For all those challenges on the input and output side due to its ultra wide input voltage range as well as for the tiny package with good thermal performance and an adjustable output voltage the MicroModule (171930601) offers the perfect solution.




   • Ultra wide input voltage range 3.5 to 36 V

   • Ideal for space constrained applications

   • Very low profile LGA-8 package

   • Power good indicator to show VOUT status

   • Low conducted and radiated EMI (compliant to EN55032 class B / CISPR-32)
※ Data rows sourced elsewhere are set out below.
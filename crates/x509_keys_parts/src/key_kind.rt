//! Which keys an algorithm has.

ghost use Rattle.std.specs.Prelude.{◌≡◌};
ghost use Rattle.std.specs.List.{list_any};
ghost use Rattle.x509_der.specs.ObjectIdentifier.{is_arcs};
ghost use Rattle.x509_keys_parts.specs.KeyKinds.{ed_algorithms, mldsa_algorithms, key_kind};

use crate::algorithm_parameters::{has_content, is_among};
use x509_der::parts::OidRef;

/// What an object identifier says of the keys of an algorithm.
#[derive(Debug, Drop, Clone, Copy, PartialEq, Eq)]
pub enum KeyKind {
    /// Those of RSA.
    Rsa,
    /// Those of elliptic curves, whose parameters say which curve.
    Ec,
    /// Those of Ed25519, X25519, Ed448 and X448.
    Ed,
    /// Those of ML-DSA.
    Mldsa,
    /// The object identifier isn't known, and so no key is read behind it.
    Unknown,
}

/// The contents of the object identifiers of Ed25519, X25519, Ed448 and X448.
const ED_CONTENTS: &[&[u8]] = &[
    &[0x2B, 0x65, 0x70],
    &[0x2B, 0x65, 0x6E],
    &[0x2B, 0x65, 0x71],
    &[0x2B, 0x65, 0x6F],
];

/// The contents of those of ML-DSA-44, ML-DSA-65 and ML-DSA-87.
const MLDSA_CONTENTS: &[&[u8]] = &[
    &[0x60, 0x86, 0x48, 1, 0x65, 3, 4, 3, 0x11],
    &[0x60, 0x86, 0x48, 1, 0x65, 3, 4, 3, 0x12],
    &[0x60, 0x86, 0x48, 1, 0x65, 3, 4, 3, 0x13],
];

/// Whether an object identifier is that of Ed25519, X25519, Ed448 or X448.
fn is_ed_algorithm(identifier: &OidRef<'_>) -> bool
    ensures { result ≡ list_any (is_arcs identifier.now) ed_algorithms }
{
    is_among(identifier, ED_CONTENTS)
}

/// Whether an object identifier is that of ML-DSA.
fn is_mldsa_algorithm(identifier: &OidRef<'_>) -> bool
    ensures { result ≡ list_any (is_arcs identifier.now) mldsa_algorithms }
{
    is_among(identifier, MLDSA_CONTENTS)
}

/// The kind of keys that an object identifier says. Contents are compared, and no arcs are decoded.
#[tactic(auto, unfolding(x509_der::specs::ObjectIdentifier::numbers_from))]
pub fn key_kind(identifier: &OidRef<'_>) -> KeyKind
    ensures { result ≡ key_kind identifier.now }
{
    if has_content(identifier, &[0x2A, 0x86, 0x48, 0x86, 0xF7, 0x0D, 1, 1, 1]) {
        KeyKind::Rsa
    } else if has_content(identifier, &[0x2A, 0x86, 0x48, 0xCE, 0x3D, 2, 1]) {
        KeyKind::Ec
    } else if is_ed_algorithm(identifier) {
        KeyKind::Ed
    } else if is_mldsa_algorithm(identifier) {
        KeyKind::Mldsa
    } else {
        KeyKind::Unknown
    }
}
   • Three solder cycles supported



   • HVAC and building control

   • Supply for IoT applications

   • Sensors

   • Point-of-Load DC-DC applications from 24 V, 18 V, 15 V, 12 V, 9 V, 5 V industrial rails

In summary power modules like the MagI3C series provide proven, tested, reliable and compact solutions to space-constrained and budget-constrained projects. They incorporate the latest advancements in technology like the combination of PFM/PWM modes which provide better efficiency at lighter loads and optimal efficiency over the entire load range. This makes them ideally suited to applications that are battery powered. The proliferation of IoT sensor applications, that read and transmit data periodically are a prime example of an application that benefits from the automatic transition between PFM and PWM modes due to an active and a quiescent load state.